I'm a Christian minister (Lutheran) who firmly believes that we have traditionally read the Genesis narratives incorrectly, especially chapter one. We interpret Genesis 1 as a play-by-play account of creation. When I tell people that it isn't such and account, I get funny looks.
I then try to explain that Genesis 1 reflects Israel's interactions with God, nature, and the nations, using cosmic imagery. This imagery served as their "night language" (as Rev. Dowd would say it) to tell their own story as God's covenant people. That God created all things is assumed and understood. To try to argue for a literal six day creation is to miss the point and heavily trivialize the narrative.
I was wondering if you would comment on my thoughts here and talk about what you believe Genesis 1 is saying.
Thank you.
When I teach adult groups, I sometimes ask whether people believe that the account of creation in Genesis 1 is factual. No hands go up. Then I ask whether they think we should teach it to children. Everyone raises a hand.
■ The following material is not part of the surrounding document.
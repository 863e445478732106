/// The session's share mode doesn't allow what was asked.
#[derive(Clone, Copy, Debug, PartialEq, Eq)]
pub struct Forbidden;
To explain the paradox, I draw a table with two rows and three columns - that is, three boxes in the top row and three boxes in the bottom row. Then I label those in the top row as Day 1, Day 2, and Day 3, and those below as Day 4, Day 5, and Day 6.
It doesn't matter whether you go from right to left or left to right, as long as day 4 is below day 1, and so on. Next fill in what Gen. 1 tells us was created on each day.
The result makes sense. Each day in the top row represents the habitat for what is created in the day directly below it.
In other words, we want to teach this version to children because it presents a world created by Someone who knows what Someone is doing - it's orderly and rational. This view of creation helps children to feel safe in the world.
In contrast, Genesis 2 presents a view of creation that is rather disorderly, even blundering. Where Gen. 1 represents the orderly world that we need to believe in, Gen. 2 represents the world as we ordinarily observe it and explains why things seem so messed up.